# Buying a Used 2006 Speedster S20



## nismosr

just need an advice from Scott owners - i'm looking into getting my first Road Bike. is it worth getting this bike used ? 

thank you


----------



## majura

I've got a 2007 S20, my mate has the 2006 model. Full 105 gruppo, WH-550 wheels- really can't go wrong for your first bike. As long as you get the right size you'll be set.

I opted for the S20 instead of an S10 because of colour and for what I wanted out of a road bike, 105 was perfect (mostly ride MTB but like using the road for training and to mix things up). Cost really wasn't the matter - work in a bike shop - but as a first bike, it's got all that you could need.


----------



## nismosr

Do you know where I can get the full spec of the 2006 S20? like what size is the handle bar, FD size , seat post size. I try to search the internet but I can't find one even the Scoot website.


----------



## scolmena

http://www.scottusa.com/

I have an '05 S1 that I bough winter of '06 and have had 1500 carefree miles on it. I have only had to do one tune up. I keep it clean and well lubed and it has been one helluva steed. I ride on some pretty unforgiving roads in the burbs of nyc and it is a solid yet forgiving ride. The most important thing is that it fits perfectly. I got a 52", am around 5'7" 165 lbs. Good luck with the decision.


----------



## nismosr

After scouring the whole entire country for leftover Scott Speedster s20 finally found one and hr away from where I live. My appointment is this Monday for fitting. The bike does not come with pedals, I opted for the Crank Brothers Egg Beater MXR. what do you guys think about the pedals. and also MTB shoes on a road bike ?


----------



## scolmena

My riding partner and I used mtb shoes and road with them for years without any problems. In fact, it was easier to walk around during pit stops than with road shoes. When I got my new bike though, I went with road shoes. What ever you feel comfortable in.


----------



## JohnnyChance

nismosr said:


> After scouring the whole entire country for leftover Scott Speedster s20 finally found one and hr away from where I live. My appointment is this Monday for fitting. The bike does not come with pedals, I opted for the Crank Brothers Egg Beater MXR. what do you guys think about the pedals. and also MTB shoes on a road bike ?

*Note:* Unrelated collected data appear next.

//! The kept elements of the group's basis, in the group's and then the space's variables.

ghost use Rattle.std.specs.Prelude.{◌≡◌, ◌<◌, ◌≤◌, [], map, length, get_or, false, All, IfOk};
ghost use Rattle.rinv_algebra.specs.Residue.{residue_ops};
ghost use Rattle.rinv_algebra.specs.Polynomial.{is_zero};
ghost use Rattle.rinv_groebner.specs.Division.{AreSame};
ghost use Rattle.rinv_laws.specs.Group.{IsGroupBasis};
ghost use Rattle.rinv_parts.specs.Points.{ArePolynomials};
ghost use Rattle.rinv_change.specs.Asked.{IsChangeRing, IsKeptBasis};
ghost use Rattle.rinv_change.specs.Changing.{AreDivisorsOf};

use rinv_buch::kept_places;
use rinv_div::{Divisors, divisors_of};
use rinv_laws::GroupBasis;
use rinv_mono::Grevlex;
use rinv_poly::{KPoly, PolyRing};
use rinv_ring::{Gf, NoMemory};
use rinv_sub::widened;
use rinv_text::System;
use std::alloc::Global;

/// Polynomials, and the divisors made of them.
#[derive(Drop)]
pub struct KeptBasis {
    pub polys: Vec<KPoly>,
    pub divisors: Divisors<Gf>,
}

// The polynomials at the places, in further variables.
fn chosen(
    alloc: Global,
    from: &PolyRing<Gf>,
    polys: &[KPoly],
    places: &[usize],
    ring: &PolyRing<Gf>,
) -> Result<Vec<KPoly>, NoMemory>
    requires field { from.now.coeffs ≡ ring.now.coeffs }
    requires more { from.now.vars ≤ ring.now.vars }
    requires polynomials { ArePolynomials from.now.coeffs from.now.vars polys.now }
    requires places { All (λ k. k < length polys.now) places.now }
    ensures normal { IfOk result (λ r. ArePolynomials ring.now.coeffs ring.now.vars r.items) }
    ensures value { IfOk result (λ r. AreSame (residue_ops ring.now.coeffs) r.items (map (λ k. get_or polys.now k []) places.now)) }
{
    let mut list = Vec::new(alloc);
    'places: for k in 0..places.len() {
        let place = places[k];
        let element = widened(from, alloc, &polys[place], ring)?;
        list.push(element)?;
    }
    Ok(list)
}

// The same, with the divisors made of them.
fn chosen_basis(
    alloc: Global,
    from: &PolyRing<Gf>,
    polys: &[KPoly],
    places: &[usize],
    ring: &PolyRing<Gf>,
) -> Result<KeptBasis, NoMemory>
    requires field { from.now.coeffs ≡ ring.now.coeffs }
    requires more { from.now.vars ≤ ring.now.vars }
    requires polynomials { ArePolynomials from.now.coeffs from.now.vars polys.now }
    requires nonzero { All (λ h. is_zero (residue_ops from.now.coeffs) h ≡ false) polys.now }
    requires places { All (λ k. k < length polys.now) places.now }
    ensures normal { IfOk result (λ b. ArePolynomials ring.now.coeffs ring.now.vars b.polys.items) }
    ensures value { IfOk result (λ b. AreSame (residue_ops ring.now.coeffs) b.polys.items (map (λ k. get_or polys.now k []) places.now)) }
    ensures divisors { IfOk result (λ b. AreDivisorsOf ring.now.coeffs ring.now.vars b.polys.items b.divisors.list.items) }
{
    let elements = chosen(alloc, from, polys, places, ring)?;
    let divisors = divisors_of(ring, alloc, &elements, &Grevlex)?;
    Ok(KeptBasis {
        polys: elements,
        divisors,
    })
}

/// The kept elements of the group's basis in the ring of changes, ready for division.
pub fn kept_basis(
    alloc: Global,
    system: &System,
    group: &GroupBasis,
    ring: &PolyRing<Gf>,
) -> Result<KeptBasis, NoMemory>
    requires ring { IsChangeRing system.now.system ring.now.coeffs ring.now.vars }
    requires group { IsGroupBasis system.now.system group.now.basis group.now.reduced.items }
    ensures { IfOk result (IsKeptBasis system.now.system group.now.basis) }
{
    let from = PolyRing::new(system.field, system.group.len());
    let places = kept_places(&from, alloc, &group.basis.polys, &Grevlex)?;
    let basis = chosen_basis(alloc, &from, &group.basis.polys, &places, ring)?;
    Ok(basis)
}
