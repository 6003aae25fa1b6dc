//! Whether a fraction is invariant.

ghost use Rattle.std.specs.Prelude.{MatchOption, IfOk, IfErr};
ghost use Rattle.std.specs.Result.{MatchResult};
ghost use Rattle.rinv_defs.specs.System.{space_count};
ghost use Rattle.rinv_defs.specs.SystemForm.{IsSystem};
ghost use Rattle.rinv_defs.specs.Invariant.{IsInvariant};
ghost use Rattle.rinv_ring.specs.Fault.{DegreesMeet};
ghost use Rattle.rinv_frac.specs.Fractions.{IsStored};
ghost use Rattle.rinv_laws.specs.Group.{IsGroupBasis};
ghost use Rattle.rinv_change.specs.Changes.{ChangeMeets, IsStray};

use crate::asked::asked_of;
use rinv_div::remainder_wholly;
use rinv_frac::Frac;
use rinv_laws::GroupBasis;
use rinv_mono::Grevlex;
use rinv_poly::KPoly;
use rinv_ring::{Ring, RingFault};
use rinv_text::System;
use std::alloc::Global;

/// None exactly where the fraction is invariant, and else the normal form of its change modulo the group's ideal, in the group's and then
/// the space's variables. Degree comes only where the making of the change, or its division by the kept elements of the group's basis,
/// meets these degrees.
pub fn test_invariant(
    alloc: Global,
    system: &System,
    group: &GroupBasis,
    f: &Frac,
) -> Result<Option<KPoly>, RingFault>
    requires system { IsSystem system.now.system }
    requires group { IsGroupBasis system.now.system group.now.basis group.now.reduced.items }
    requires fraction { IsStored system.now.system.p (space_count system.now.system) f.now }
    ensures exact { IfOk result (λ r. MatchOption r (IsInvariant system.now.system f.now) (IsStray system.now.system f.now)) }
    ensures degree { IfErr result (DegreesMeet (ChangeMeets system.now.system group.now.basis f.now)) }
{
    let asked = asked_of(alloc, system, group, f)?;
    let basis = &asked.basis;
    let rest = remainder_wholly(
        &asked.ring,
        alloc,
        &asked.change,
        &basis.polys,
        &basis.divisors,
        &Grevlex,
    )?;
    if asked.ring.is_zero(&rest) {
        Ok(None)
    } else {
        Ok(Some(rest))
    }
}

the mtb pedals are nice, easy clip in/out, shoes are nice to walk around in, etc.

what is really nice about the crank bros, is if you want to get some road shoes later on, get the quattro style cleats, and you can use the same pedals. i have eggbeaters, quattros or candys on all of my bikes, and therefore, any shoe i wish to wear can clip in to which ever pedal.


----------



## nismosr

Finally pick the bike today ... my first road bike .. i'm not officially a road biker lol
very happy with this bike every components on the bike. all shimano 105 drivetrain, carbon seat stay, seat post and fork. i also added a cateye computer and eggbeater mxr. 

here are the pics.
with his big brother Specialized Enduro Expert.


----------



## element324h

Hah nice, I just got myself a Speedster S30. it's sitting next to my blue Enduro


----------